▸ TASK DESCRIPTION:
Search the records for "usize". Copy every line where it appears.

▸ EXERCISE MATERIAL:
========

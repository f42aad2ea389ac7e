ghost use Rattle.std.specs.Prelude.{◌≡◌};
ghost use Rattle.join_source.specs.declared.refusal.JoinRefusal.TheVariants.{Memory as JoinMemory};
ghost use Rattle.join_source.specs.declared.refusal.ListRefusal.TheVariants.{Memory as ListMemory};

use dap_types::Memory;

/// Why bytes are no list of files.
#[derive(Clone, Copy, Debug, PartialEq, Eq)]
pub enum ListRefusal {
    /// There are more than 65,536 bytes.
    TooLong,
    /// The line with this number, from 1, is the first one that is no name of a netCDF file, or is one more than 64,
    /// or the first one where there is none.
    BadLine { line: u32 },
    /// Memory was wanted.
    Memory,
}

impl From<Memory> for ListRefusal {
    ghost from_gives = { λ _ e. e ≡ ListMemory };

    fn from(_: Memory) -> ListRefusal {
        ListRefusal::Memory
    }
}

/// Why files are not joined.
#[derive(Clone, Copy, Debug, PartialEq, Eq)]
pub enum JoinRefusal {
    /// The first file has no record dimension.
    NoRecord,
    /// The file of the line with this number, from 1, is the first one that has other dimensions or variables than
    /// the first.
    Differs { line: u32 },
    /// There are more than 2,147,483,647 records in all.
    TooManyRecords,
    /// Memory was wanted.
    Memory,
}

impl From<Memory> for JoinRefusal {
    ghost from_gives = { λ _ e. e ≡ JoinMemory };

    fn from(_: Memory) -> JoinRefusal {
        JoinRefusal::Memory
    }
}
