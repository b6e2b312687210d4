// What operands are used for: arguments, assignments, the variable of DO, items of GET and PUT.
#![tactic(auto)]

pub mod argument;
pub mod assignment;
pub mod callee;
pub mod computational;
pub mod item;
mod matching;
mod reading;
pub mod scalar;
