// What is called, and how its parameters are found.

ghost use Rattle.std.specs.Prelude.{◌≡◌, map};
ghost use Rattle.pli_typing.specs.Calls.{index_in, parameter_place};
ghost use Rattle.pli_typing.specs.TypedView.{reference_of, variable_of};
ghost use Rattle.pli_operand.specs.Shown.{designated_of};

use pli_language::expr::Place;
use pli_operand::operand::Designated;
use pli_typing::typed::{Reference, Variable};

/// What a call is made of: the procedure's block, its parameters, and the place of the name.
#[derive(Clone, Copy)]
pub struct Callee<'p, 't, 'a> {
    pub block: usize,
    pub parameters: &'p [Designated<'t, 'a>],
    pub place: Place,
}

/// The place of a reference's variable among those of its block.
#[tactic(auto, unfolding(pli_typing::specs::TypedView::reference_of))]
fn index_in(reference: &Reference) -> usize
    ensures { result ≡ index_in (reference_of reference.now) }
{
    match reference {
        Reference::Plain { variable, .. } | Reference::Located { variable, .. } => variable.index,
    }
}

/// The place of a variable among the parameters.
pub(crate) fn parameter_place(variable: Variable, parameters: &[Designated]) -> usize
    ensures { result ≡ parameter_place (variable_of variable) (map designated_of parameters.now) }
{
    parameters
        .iter()
        .position(|parameter| index_in(&parameter.reference) == variable.index)
        .unwrap_or(parameters.len())
}
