/// Into an aggregate goes an aggregate of equal leaves.
fn assigned_designated<'a>(
    alloc: Global,
    notes: &mut Notes,
    place: Place,
    target: Designated<'_, 'a>,
    source_place: Place,
    source: Designated<'_, 'a>,
) -> Result<Stmt<'a>, AllocError>
    ensures noted { OnOk result (notes_of notes.new ≡ noted (notes_of notes.old) (A.assigned_aggregate place (designated_of target.entry) (record { place = source_place; constant = None; referent = C.Designates (designated_of source.entry) }) (C.Designates (designated_of source.entry)))) }
    ensures value { IfOk result (λ s. stmt_of s ≡ (A.assigned_aggregate place (designated_of target.entry) (record { place = source_place; constant = None; referent = C.Designates (designated_of source.entry) }) (C.Designates (designated_of source.entry))).value) }
{
    if is_aggregate(&source) {
        Ok(assigned_matching(notes, place, target, source))
    } else {
        assigned_each(
            alloc,
            notes,
            place,
            target,
            source_place,
            Referent::Designates(source),
        )
    }
}
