/// What is passed for each parameter, as far as there are operands.
#[tactic(auto, using(pli_operand::proofs::Noting::noting, crate::proofs::Arguments::none_there, crate::proofs::Arguments::value_end, crate::proofs::Arguments::onto_none, crate::proofs::Arguments::onto_snoc, std::proofs::lemmas::List::map_push, pli_declare::proofs::Chains::drop_here, std::proofs::lemmas::List::drop_all))]
fn judged<'t, 'a>(
    alloc: Global,
    notes: &mut Notes,
    callee: &Callee<'_, '_, 'a>,
    parameters: &[Designated],
    operands: IntoIter<Operand<'t, 'a>>,
) -> Result<Vec<Argument<'a>>, AllocError>
    ensures noted { OnOk result (notes_of notes.new ≡ noted (notes_of notes.old) (K.arguments_judged (callee_of callee.now) (map designated_of parameters.now) (map operand_of (into_iter_items operands.entry)))) }
    ensures value { IfOk result (λ xs. arguments_onto (map argument_of xs.items) Y.NoArgument ≡ (K.arguments_judged (callee_of callee.now) (map designated_of parameters.now) (map operand_of (into_iter_items operands.entry))).value) }
{
    let mut arguments = Vec::new(alloc);
    let mut operands = operands;
    for parameter in parameters {
        match operands.next() {
            Some(operand) => {
                arguments.push(operand_argument(alloc, notes, callee, parameter, operand)?)?;
            }
            None => {
                notes.broken(callee.place, SourceKind::BadArguments);
                return Ok(arguments);
            }
        }
    }
    none_left(notes, callee, operands);
    Ok(arguments)
}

========

▸ REPLY:
    pub block: usize,
fn index_in(reference: &Reference) -> usize
pub(crate) fn parameter_place(variable: Variable, parameters: &[Designated]) -> usize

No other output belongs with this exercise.